*WHAT YOU WILL DO*
Could you output every record below exactly as it appears?
---- SOURCE MATERIAL
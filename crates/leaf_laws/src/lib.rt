//! Laws on which no code stands: of the inference, of values, of every legal history, of workers that serve a farm, of
//! evidence, of farms that follow one another, and of what a farm, a worker and a follower send each other; and farms
//! that are played by evaluating the definitions. A function here does nothing: its contract is the law.
//!
//! Of the inference they say what holds of likelihoods, weights, shares, budgets and plans, over every list of runs.
//! `specs/Plain` has the table that is not in lowest terms, `specs/Example` a small search. Of values: the digits of
//! commit ids, the numbers of rates, ranges and settings, and the texts of days.
//!
//! Of every legal history they say what a farm decides, where its searches stand, what their leases, reruns and orders
//! are, and what the totals come to; most say both ways: where it is so, and only there. `specs/Causes` says for each
//! refusal what a history holds where it comes, without the order in which the definition looks at things,
//! `specs/Spelled` which opens differ in the spelling of their rates alone, and `specs/Stands` of each standing what a
//! history holds where a search stands so.
//!
//! [`workers`] has the law of workers that serve a farm over a network which may lose, repeat and reorder whatever is
//! sent. `specs/World` says what there is, `specs/Workers` and `specs/Happenings` what may happen, and `specs/Given`
//! what a runner said of a run.
//!
//! [`evidence`] has the law that `judge` says of the lines that `search_evidence` writes of a search what the farm's
//! page says. So anyone can judge a search anew, by another program, from nothing but its runs. `specs/Judgements` says
//! what judge is asked by the evidence, and what it answers.
//!
//! [`succession`] has the law that over a chain of farms, each of which follows the one before it, each commit is
//! ordered once, for good, and no day has more orders than its limit. `specs/Chain` says what a chain of farms is. That
//! the lines which a closed farm writes are those that the next one carries over is a law of `farm_handover`.
//!
//! What one side writes, the other reads as it was meant: [`sent_leases`] has the laws of the farm's answers to a
//! request for a run, [`sent_requests`] those of a worker's requests, [`sent_pages`] those of a follower's ask and of a
//! page of the log. `specs/Sent` says what one request alone on a connection is, `specs/LeaseNumbers` which numbers a
//! lease has.
//!
//! [`worked`] has farms that are played: numbers that were worked out by hand, and that the definitions compute.
//!
//! The crate stands on the crates whose definitions the laws speak of, those of both sides of a connection among them,
//! and on the lemmas of `farm_laws`, which has the laws that its lemmas alone give. Nothing stands on it but readers.
#![tactic(auto)]

mod dates;
mod entries;
pub mod evidence;
mod ids;
mod numbers;
mod orders;
mod outstanding;
mod playing;
mod refusals;
mod repeats;
mod reruns;
pub mod sent_leases;
pub mod sent_pages;
pub mod sent_requests;
mod standings;
pub mod succession;
mod totals;
mod weights;
pub mod worked;
pub mod workers;

pub use dates::days_and_their_texts_go_together;
pub use entries::{each_key_stands_once, each_run_is_reported_once};
pub use ids::ids_are_written_in_lower_case;
pub use numbers::{equal_fractions_are_one_rate, values_are_made_again_from_their_readers};
pub use orders::{orders_are_few, orders_are_for_confirmed_culprits};
pub use outstanding::{
    due_runs_go_by_outstanding_leases, expired_leases_stay_expired,
    leases_are_open_until_their_deadline, skipped_positions_are_never_leased_again,
};
pub use playing::played_histories_are_legal;
pub use refusals::refusals_have_their_causes;
pub use repeats::{
    entries_past_the_founding_are_repeated, repeats_are_of_the_same_command,
    repeats_hold_for_all_that_ask_the_same,
};
pub use reruns::{reruns_are_those_of_a_verification, verifications_keep_their_suspect};
pub use standings::{
    beliefs_decide_standings, entries_end_searches, named_suspects_stand_by_their_reruns,
};
pub use totals::{
    orders_are_at_most_the_confirmed_searches, standings_add_up_to_the_searches,
    what_is_shown_does_not_depend_on_the_moment,
};
pub use weights::{
    a_pass_clears, at_most_one_reaches_the_bar, likelihood_numbers_of_rates,
    only_parts_of_the_total_count, plain_table_gives_the_same, plan_is_nearest,
    there_is_one_budget, total_is_positive, worked_numbers,
};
--------
*YOUR RESPONSE*
filename crates/leaf_laws/src/lib.rt
//! Laws on which no code stands: of the inference, of values, of every legal history, of workers that serve a farm, of
//! evidence, of farms that follow one another, and of what a farm, a worker and a follower send each other; and farms
//! that are played by evaluating the definitions. A function here does nothing: its contract is the law.
//!
//! Of the inference they say what holds of likelihoods, weights, shares, budgets and plans, over every list of runs.
//! `specs/Plain` has the table that is not in lowest terms, `specs/Example` a small search. Of values: the digits of
//! commit ids, the numbers of rates, ranges and settings, and the texts of days.
//!
//! Of every legal history they say what a farm decides, where its searches stand, what their leases, reruns and orders
//! are, and what the totals come to; most say both ways: where it is so, and only there. `specs/Causes` says for each
//! refusal what a history holds where it comes, without the order in which the definition looks at things,
//! `specs/Spelled` which opens differ in the spelling of their rates alone, and `specs/Stands` of each standing what a
//! history holds where a search stands so.
//!
//! [`workers`] has the law of workers that serve a farm over a network which may lose, repeat and reorder whatever is
//! sent. `specs/World` says what there is, `specs/Workers` and `specs/Happenings` what may happen, and `specs/Given`
//! what a runner said of a run.
//!
//! [`evidence`] has the law that `judge` says of the lines that `search_evidence` writes of a search what the farm's
//! page says. So anyone can judge a search anew, by another program, from nothing but its runs. `specs/Judgements` says
//! what judge is asked by the evidence, and what it answers.
//!
//! [`succession`] has the law that over a chain of farms, each of which follows the one before it, each commit is
//! ordered once, for good, and no day has more orders than its limit. `specs/Chain` says what a chain of farms is. That
//! the lines which a closed farm writes are those that the next one carries over is a law of `farm_handover`.
//!
//! What one side writes, the other reads as it was meant: [`sent_leases`] has the laws of the farm's answers to a
//! request for a run, [`sent_requests`] those of a worker's requests, [`sent_pages`] those of a follower's ask and of a
//! page of the log. `specs/Sent` says what one request alone on a connection is, `specs/LeaseNumbers` which numbers a
//! lease has.
//!
//! [`worked`] has farms that are played: numbers that were worked out by hand, and that the definitions compute.
//!
//! The crate stands on the crates whose definitions the laws speak of, those of both sides of a connection among them,
//! and on the lemmas of `farm_laws`, which has the laws that its lemmas alone give. Nothing stands on it but readers.
#![tactic(auto)]

mod dates;
mod entries;
pub mod evidence;
mod ids;
mod numbers;
mod orders;
mod outstanding;
mod playing;
mod refusals;
mod repeats;
mod reruns;
pub mod sent_leases;
pub mod sent_pages;
pub mod sent_requests;
mod standings;
pub mod succession;
mod totals;
mod weights;
pub mod worked;
pub mod workers;

pub use dates::days_and_their_texts_go_together;
pub use entries::{each_key_stands_once, each_run_is_reported_once};
pub use ids::ids_are_written_in_lower_case;
pub use numbers::{equal_fractions_are_one_rate, values_are_made_again_from_their_readers};
pub use orders::{orders_are_few, orders_are_for_confirmed_culprits};
pub use outstanding::{
    due_runs_go_by_outstanding_leases, expired_leases_stay_expired,
    leases_are_open_until_their_deadline, skipped_positions_are_never_leased_again,
};
pub use playing::played_histories_are_legal;
pub use refusals::refusals_have_their_causes;
pub use repeats::{
    entries_past_the_founding_are_repeated, repeats_are_of_the_same_command,
    repeats_hold_for_all_that_ask_the_same,
};
pub use reruns::{reruns_are_those_of_a_verification, verifications_keep_their_suspect};
pub use standings::{
    beliefs_decide_standings, entries_end_searches, named_suspects_stand_by_their_reruns,
};
pub use totals::{
    orders_are_at_most_the_confirmed_searches, standings_add_up_to_the_searches,
    what_is_shown_does_not_depend_on_the_moment,
};
pub use weights::{
    a_pass_clears, at_most_one_reaches_the_bar, likelihood_numbers_of_rates,
    only_parts_of_the_total_count, plain_table_gives_the_same, plan_is_nearest,
    there_is_one_budget, total_is_positive, worked_numbers,
};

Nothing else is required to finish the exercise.